The LA Times has a story about the author’s own
struggle with panic
disorder and agoraphobia.
a Paxil-free life, she’ll take the long route
It takes some time, but this student learns there’s no quick
fix for panic attacks.
By Summer Beretsky, Special to The Times
March 3, 2008
Some people can’t stand the word “irregardless.” A close friend of mine
cannot stand hearing the word “panty” used in the singular.
My pet peeve is the misuse of the words “panic attack.”

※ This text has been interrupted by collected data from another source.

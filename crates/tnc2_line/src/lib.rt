//! The packet lines of APRS-IS: their grammar, read and written.
#![tactic(auto)]

mod reading;
mod writing;

pub use reading::{LineFault, construct, read, read_into};
pub use writing::{LongOut, write};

My cohort of grad school classmates frequently drop the phrase when
they’ve had a mildly difficult night putting the finishing touches on a
research paper: “Oh my God, I had a panic attack when I couldn’t find
that 2007 Caplan article I needed to cite!” I’ve heard others throw it
around in other trivial ways: “Oh, I’m going to have a panic attack! I
can’t decide which purse to wear!”
These are not panic attacks. Call them shocks, scares or dilemmas. But
not panic attacks…
The author goes on to describe her problem, the problems she had trying
to fix the problem, and how she finally solved the problem.

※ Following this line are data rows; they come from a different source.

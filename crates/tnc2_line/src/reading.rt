//! From a line to its parts.
ghost use Rattle.std.specs.Prelude.{◌≡◌, ℕ, ◌+◌, ◌<◌, ◌≤◌, [], ◌∷◌, ◌==◌, List, length, nat_lt, map, count_by, IfSome, IfOk, OnOk, position};
ghost use Rattle.std.specs.List.{list_any, slice_split};
ghost use Rattle.std.specs.Option.{ok_or, option_map};
ghost use Rattle.aprs_base.specs.Bytes.{IsLine};
ghost use Rattle.memchr.specs.Find.{is_byte};
ghost use Rattle.tnc2_line.specs.Packet.{IsPacket, IsParts, call_of, checked_body, checked_path, construct_at, cut_at, is_comma, is_construct_via, may_follow, names_construct, next_via, parts_of, via_of, vias_of};
ghost use Rattle.tnc2_line.specs.Pieces.{Begins, Fills, Gives, path_at, pieces_of};

use aprs_base::{Call, Line, Parts, Via, first_place, is_construct_text};
use arrayvec::ArrayVec;

/// Why a line is no packet: the first of these that applies.
#[derive(Clone, Copy, PartialEq, Eq, Debug)]
pub enum LineFault {
    /// There is no `:`.
    NoColon,
    /// There is no `>` before the first `:`.
    NoArrow,
    /// The source is no call.
    BadSource,
    /// The destination is no call.
    BadDest,
    /// This element of the path, counted from 1, is none, has `*` on a construct or after one, or is the 33rd.
    BadVia(u16),
    /// The path has more than one construct.
    TwoConstructs,
    /// Nothing follows the colon.
    NoBody,
}

/// The text before and the text after the first `byte`.
fn cut(byte: u8, text: &[u8]) -> Option<(&[u8], &[u8])>
    ensures { option_map (λ parts. (parts.0.now, parts.1.now)) result ≡ cut_at (is_byte byte) text.now }
{
    let place = first_place(byte, text);
    if place < text.len() {
        Some((&text[..place], &text[place + 1..]))
    } else {
        None
    }
}

/// The text up to the first comma, and what follows that comma.
fn first_piece(text: &[u8]) -> (&[u8], Option<&[u8]>)
    ensures { result.0.now ∷ pieces_of (option_map (λ rest. rest.now) result.1) ≡ slice_split is_comma text.now }
{
    match cut(b',', text) {
        Some((piece, rest)) => (piece, Some(rest)),
        None => (text, None),
    }
}

fn read_via(text: &[u8]) -> Option<Via>
    ensures { result ≡ via_of text.now }
{
    let place = first_place(b'*', text);
    if text.len() > place + 1 {
        return None;
    }
    let call = Call::read(&text[..place])?;
    Some(Via {
        call,
        star: place < text.len(),
    })
}

fn is_construct_call(via: &Via) -> bool
    ensures { result ≡ names_construct via.now }
{
    is_construct_text(via.call.bytes())
}

fn has_construct(vias: &[Via]) -> bool
    ensures { result ≡ list_any names_construct vias.now }
{
    vias.iter().any(|via| is_construct_call(via))
}

/// Whether the element may stand after these.
fn may_come_after(earlier: &[Via], via: &Via) -> bool
    ensures { result ≡ may_follow earlier.now via.now }
{
    earlier.len() < 32 && !(via.star && (is_construct_call(via) || has_construct(earlier)))
}

fn read_next_via(earlier: &[Via], text: &[u8]) -> Option<Via>
    ensures { result ≡ next_via earlier.now text.now }
{
    let via = read_via(text)?;
    if may_come_after(earlier, &via) {
        Some(via)
    } else {
        None
    }
}

/// Appends the elements of a path to those that are there.
fn read_vias(vias: &mut ArrayVec<Via, 32>, first: Option<&[u8]>) -> Result<(), LineFault>
    ensures { Fills result vias.new.items (vias_of vias.old.items (pieces_of (option_map (λ rest. rest.now) first.entry))) }
{
    let mut path = first;
    while let Some(text) = path {
        let (piece, rest) = first_piece(text);
        match read_next_via(vias.as_slice(), piece) {
            Some(via) => vias.push(via),
            None => return Err(LineFault::BadVia(vias.len() as u16 + 1)),
        }
        path = rest;
    }
    Ok(())
}

fn read_call(text: &[u8], fault: LineFault) -> Result<Call, LineFault>
    ensures { result ≡ call_of fault text.now }
{
    Call::read(text).ok_or(fault)
}

fn count_constructs(vias: &[Via]) -> usize
    ensures { result ≡ count_by names_construct vias.now }
{
    vias.iter().filter(|via| is_construct_call(via)).count()
}

fn check_path(vias: &[Via]) -> Result<(), LineFault>
    ensures { Fills result vias.now (checked_path vias.now) }
{
    if count_constructs(vias) > 1 {
        Err(LineFault::TwoConstructs)
    } else {
        Ok(())
    }
}

/// Puts a path that is none yet where it will stay.
fn read_path(vias: &mut ArrayVec<Via, 32>, first: Option<&[u8]>) -> Result<(), LineFault>
    requires { vias.old.items ≡ [] }
    ensures { Fills result vias.new.items (path_at (pieces_of (option_map (λ rest. rest.now) first.entry))) }
{
    read_vias(vias, first)?;
    check_path(vias.as_slice())
}

fn cut_or(byte: u8, text: &[u8], fault: LineFault) -> Result<(&[u8], &[u8]), LineFault>
    ensures { Gives (λ parts. (parts.0.now, parts.1.now)) result (ok_or (cut_at (is_byte byte) text.now) fault) }
{
    match cut(byte, text) {
        Some(parts) => Ok(parts),
        None => Err(fault),
    }
}

/// The source, the destination, and the text of the path.
#[tactic(auto, unfolding(crate::specs::Packet::head_of))]
fn read_calls(head: &[u8]) -> Result<(Call, Call, Option<&[u8]>), LineFault>
    ensures { Begins (option_map (λ rest. rest.now)) result head.now }
{
    let (source, path) = cut_or(b'>', head, LineFault::NoArrow)?;
    let source = read_call(source, LineFault::BadSource)?;
    let (dest, path) = first_piece(path);
    let dest = read_call(dest, LineFault::BadDest)?;
    Ok((source, dest, path))
}

/// Puts a body that is none yet where it will stay.
fn read_body(body: &mut ArrayVec<u8, 510>, text: &[u8]) -> Result<(), LineFault>
    requires empty { body.old.items ≡ [] }
    requires short { length text.now ≤ 510 }
    ensures { Fills result body.new.items (checked_body text.now) }
{
    if text.is_empty() {
        return Err(LineFault::NoBody);
    }
    match body.try_extend_from_slice(text) {
        Ok(()) => Ok(()),
        Err(_) => unreachable!(),
    }
}

/// Fills the parts where they stay.
#[tactic(auto, unfolding(crate::specs::Packet::parts_of))]
fn fill_parts(line: &Line, parts: &mut Parts) -> Result<(), LineFault>
    requires path { parts.old.vias ≡ [] }
    requires body { parts.old.body ≡ [] }
    ensures exact { Fills result parts.new (parts_of line.now) }
    ensures grammar { IsLine line.now }
{
    let (head, body) = cut_or(b':', line.bytes(), LineFault::NoColon)?;
    let (source, dest, path) = read_calls(head)?;
    parts.source = source;
    parts.dest = dest;
    read_path(&mut parts.vias, path)?;
    read_body(&mut parts.body, body)
}

/// Puts the parts of a packet line into ones that are still to be filled, or says the line's first fault, which leaves them as
/// they happen to be.
pub fn read_into(line: &Line, parts: &mut Parts) -> Result<(), LineFault>
    requires path { parts.old.vias ≡ [] }
    requires body { parts.old.body ≡ [] }
    ensures exact { Fills result parts.new (parts_of line.now) }
    ensures sound { OnOk result (IsParts parts.new) }
{
    fill_parts(line, parts)
}

fn read_parts(line: &Line) -> Result<Parts, LineFault>
    ensures exact { result ≡ parts_of line.now }
    ensures grammar { IsLine line.now }
{
    let mut parts = Parts::unfilled();
    fill_parts(line, &mut parts)?;
    Ok(parts)
}

/// The parts of a packet line, or its first fault.
pub fn read(line: &Line) -> Result<Parts, LineFault>
    ensures exact { result ≡ parts_of line.now }
    ensures sound { IfOk result (λ parts. IsParts parts) }
    // What is read is the packet of that line.
    ensures packet { IfOk result (λ parts. IsPacket line.now parts) }
    // The packet of a line is read, so no line has two.
    ensures only { (parts : Parts) → IsPacket line.now parts → result ≡ Ok parts }
{
    read_parts(line)
}

/// Whether the element is `qA` and one letter without `*`.
fn is_plain_construct(via: &Via) -> bool
    ensures { result ≡ is_construct_via via.now }
{
    is_construct_call(via) && !via.star
}

fn construct_place(vias: &[Via]) -> Option<usize>
    ensures place { result ≡ position is_construct_via vias.now }
    ensures within { IfSome result (λ place. place < length vias.now) }
{
    vias.iter().position(|via| is_plain_construct(via))
}

/// The place in the path, counted from 0, of the first construct: an element `qA` and one letter without `*`.
pub fn construct(parts: &Parts) -> Option<u16>
    ensures { result ≡ construct_at parts.now }
{
    match construct_place(parts.vias.as_slice()) {
        Some(place) => Some(place as u16),
        None => None,
    }
}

She had a difficult time with the medication she took, finally went off
it, and eventually got better:
After my motivation and emotions returned, I started
doing what I should have done when my panic attacks began: I became an
information-seeking machine. I read books. I sought out alternative
therapies. I took an anxiety-management class, tried acupuncture and
learned about mindfulness meditation.
What she learned is that the cornerstone of treatment for panic
disorder is education. Ideally, that would come first.

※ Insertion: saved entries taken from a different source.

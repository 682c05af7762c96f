// Why a call failed, as the system says it. std's text for an error of the system ends with its number, ` (os error 28)`, which is left out.
use std::fmt;
use std::fmt::Write;
use std::io::Error;

// Room for any text of std's for an error.
const MOST: usize = 320;

#[derive(Drop)]
pub(crate) struct Reason {
    letters: [u8; 320],
    count: usize,
}

// What has no more room is left out.
impl Write for Reason {
    fn write_str(&mut self, s: &str) -> fmt::Result {
        for b in s.as_bytes() {
            if self.count < MOST {
                self.letters[self.count] = *b;
                self.count += 1;
            }
        }
        Ok(())
    }
}

impl Reason {
    pub(crate) fn of(error: &Error) -> Reason {
        let mut reason = Reason {
            letters: [0; 320],
            count: 0,
        };
        let _ = write!(reason, "{error}");
        if error.raw_os_error().is_some() {
            reason.count = reason.before_number();
        }
        reason
    }

    // Where the last parenthesis opens, and the space before it.
    fn before_number(&self) -> usize {
        match self.text().iter().rposition(|b| *b == b'(') {
            Some(at) => at.saturating_sub(1),
            None => self.count,
        }
    }

    pub(crate) fn text(&self) -> &[u8] {
        if self.count <= MOST {
            &self.letters[..self.count]
        } else {
            &self.letters
        }
    }
}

It does not work for everyone, but when it does, it can
provide the ideal outcome.
It’s a nicely-written story. A bit uplifting, too, to read
about a good outcome.
In actual practice, it is difficult for many people to learn what they
need to learn, and understand what they need to understand, in order
for them to manage panic without medication. And for some
people, it does not seem to matter how well they master the material.
And for others — this is the ironic part — learning about their
condition not only fails to help, it makes them more anxious.
The point is that there is no one treatment that works for everyone.
The strategy is to try different things, cautiously but
persistently, until the problem is solved.